Und dann wird man im Multiplayer auch noch genervt durch nen Chat den man nicht mal abschalten kann und oft so genervt durch andere
das man gefrustet das Spiel beendet.
Wenn man schonmal ein paar freunde gefunden hat ist es nicht mal möglich in der Freundesgruppe zu spielen weil andere (nerver) sich ständig
einklinken können, in das laufende Rennen, und man dann auch da nichts anderes bleibt als abzuschalten.
Ergo das benutzen des gekauften Produkts wird einen nahezu unmöglich gemacht.
Und last but not least, wenn man von vorne anfangen will geht das auch nicht, wieder eine Benutzungseinschränkung.
Die mich vermuten lässt das Die "EA" auf biegen und brechen kohle machen will. 
Ich hoffe das EA das gegenteil erlebt.

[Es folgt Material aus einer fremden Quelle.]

// What follows from the rules: the laws behind the three demands, in proofs/. There is no code here.
#![tactic(auto)]
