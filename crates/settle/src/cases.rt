//! The cases of the segment that a register names.
ghost use Rattle.std.specs.Prelude.{◌≡◌, ◌↔◌, false, true, map, option_map, pos, is_some, IfOk, IfErr, IfSome};
ghost use Rattle.graph.specs.declared.value.Value.TheVariants.{Address};
ghost use Rattle.graph.specs.Renaming.{numbered};
ghost use Rattle.graph.specs.WellFormed.{leads_to_object};
ghost use Rattle.graph.specs.Whole.{IsGraph};
ghost use Rattle.settle.specs.Parted.{is_beyond, AreParted};
ghost use Rattle.settle.specs.Settled.{value_held, cases_at, cases_of, cases_by, first_cases};

use cbase::{List, Stop};
use changes::held_by;
use graph::{Graph, Target, Value};
use materialise::{first_node, last_node};
use std::alloc::Global;

/// The value that a register holds.
fn value_held(graph: &Graph, register: u32) -> Option<Value>
    ensures value { result ≡ value_held graph.now register }
    ensures graph { IsGraph graph.now }
{
    match held_by(graph.registers(), register) {
        None => None,
        Some(key) => match graph.value(key) {
            None => None,
            Some(value) => Some(*value),
        },
    }
}

/// The cases of a segment, by the end at which an address leads.
fn cases_at(
    alloc: Global,
    graph: &Graph,
    object: u32,
    target: Target,
) -> Result<Option<List<Graph>>, Stop>
    requires graph { IsGraph graph.now }
    requires leads { leads_to_object graph.now (Address object (pos 0) target) ≡ true }
    ensures ok { IfOk result (λ found. found ≡ option_map (map numbered) (cases_at graph.now object target)) }
    ensures parted { IfOk result (λ found. IfSome found (AreParted graph.now)) }
    ensures within { IfOk result (λ _. is_beyond (cases_at graph.now object target) ≡ false) }
    ensures named { IfErr result (λ _. is_some (cases_at graph.now object target) ≡ true) }
    ensures large { (result ≡ Err Stop.Large) ↔ (is_beyond (cases_at graph.now object target) ≡ true) }
{
    match target {
        Target::Region => Ok(None),
        Target::First => match first_node(alloc, graph, object) {
            Ok(graphs) => Ok(Some(graphs)),
            Err(stop) => Err(stop),
        },
        Target::Last => match last_node(alloc, graph, object) {
            Ok(graphs) => Ok(Some(graphs)),
            Err(stop) => Err(stop),
        },
        Target::Each => Ok(None),
    }
}

/// The cases of the segment of which a value is the address of an end.
fn cases_of(alloc: Global, graph: &Graph, value: Value) -> Result<Option<List<Graph>>, Stop>
    requires graph { IsGraph graph.now }
    requires leads { leads_to_object graph.now value ≡ true }
    ensures ok { IfOk result (λ found. found ≡ option_map (map numbered) (cases_of graph.now value)) }
    ensures parted { IfOk result (λ found. IfSome found (AreParted graph.now)) }
    ensures within { IfOk result (λ _. is_beyond (cases_of graph.now value) ≡ false) }
    ensures named { IfErr result (λ _. is_some (cases_of graph.now value) ≡ true) }
    ensures large { (result ≡ Err Stop.Large) ↔ (is_beyond (cases_of graph.now value) ≡ true) }
{
    match value {
        Value::Const { .. } => Ok(None),
        Value::Number { .. } => Ok(None),
        Value::Any => Ok(None),
        Value::Address {
            object,
            offset: _,
            target,
        } => cases_at(alloc, graph, object, target),
    }
}

/// The cases of the segment that a register names.
fn cases_by(alloc: Global, graph: &Graph, register: u32) -> Result<Option<List<Graph>>, Stop>
    ensures ok { IfOk result (λ found. found ≡ option_map (map numbered) (cases_by graph.now register)) }
    ensures parted { IfOk result (λ found. IfSome found (AreParted graph.now)) }
    ensures within { IfOk result (λ _. is_beyond (cases_by graph.now register) ≡ false) }
    ensures named { IfErr result (λ _. is_some (cases_by graph.now register) ≡ true) }
    ensures large { (result ≡ Err Stop.Large) ↔ (is_beyond (cases_by graph.now register) ≡ true) }
{
    match value_held(graph, register) {
        None => Ok(None),
        Some(value) => cases_of(alloc, graph, value),
    }
}

/// The cases of the segment that the first of these registers names which names one.
pub(crate) fn first_cases(
    alloc: Global,
    graph: &Graph,
    registers: &[u32],
) -> Result<Option<List<Graph>>, Stop>
    ensures graph { IsGraph graph.now }
    ensures ok { IfOk result (λ found. found ≡ option_map (map numbered) (first_cases graph.now registers.now)) }
    ensures parted { IfOk result (λ found. IfSome found (AreParted graph.now)) }
    ensures within { IfOk result (λ _. is_beyond (first_cases graph.now registers.now) ≡ false) }
    ensures large { (result ≡ Err Stop.Large) ↔ (is_beyond (first_cases graph.now registers.now) ≡ true) }
{
    let _ = graph.object_count();
    let mut left = registers;
    while let [first, rest @ ..] = left {
        match cases_by(alloc, graph, *first) {
            Ok(None) => {}
            Ok(Some(cases)) => return Ok(Some(cases)),
            Err(stop) => return Err(stop),
        }
        left = rest;
    }
    Ok(None)
}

Das die User und Gamer dem eine Quittung erteilen.
So gehts nicht !!!


----------



## Herbboy (23. Mai 2012)

Also, ich hab es neulich für 15€ geholt und keinerlei Probleme beim Installieren und mit Bugs oder so. Beim Joystick kann es auch bei anderen Spielen probleme geben, da viele nur auf das xbox-Pad angelegt sind - bei manchen anderen Pads kann man dafür dann per Schalter einen Modus aktivieren, so dass es damit dann problemlos geht.

Das mit dem neu Anfangen versteh ich nicht ganz - was meinst Du damit? Dass Dein Spielerlevel wieder auf 1 gesetzt wird?

Zu den Freundesdingen kann ich nix sagen, da ich mich bisher nur spontan per Zufall einem Rennen hab anschließen lassen.


----------



## Asclepeios (23. Mai 2012)

Hi Herbboy !!

Die haben das fürn pc programmiert oder nicht, verkaufen fürn pc tun sie es ja auch. Aber werfe mal einen blick in das betreffende EA Forum, ich hab nicht gezählt, aber 50 Beschwerden sind das mindestens zum thema Spielsteuerung. Bei früheren Games (Carbon,Mostwanted) ging das auch problemlos.
Na klar, die karriere wieder mal spielen, wie bei allen games, wann ich will. Mach ich immer. Mit der LVL 30 Grenze ist das obermist. Man kommt nicht weiter. Ergo man verliert die Lust.
Und wenn Du in den Multiplayermodus spielst, wirste automatisch durch den Chat gemervt. !!


----------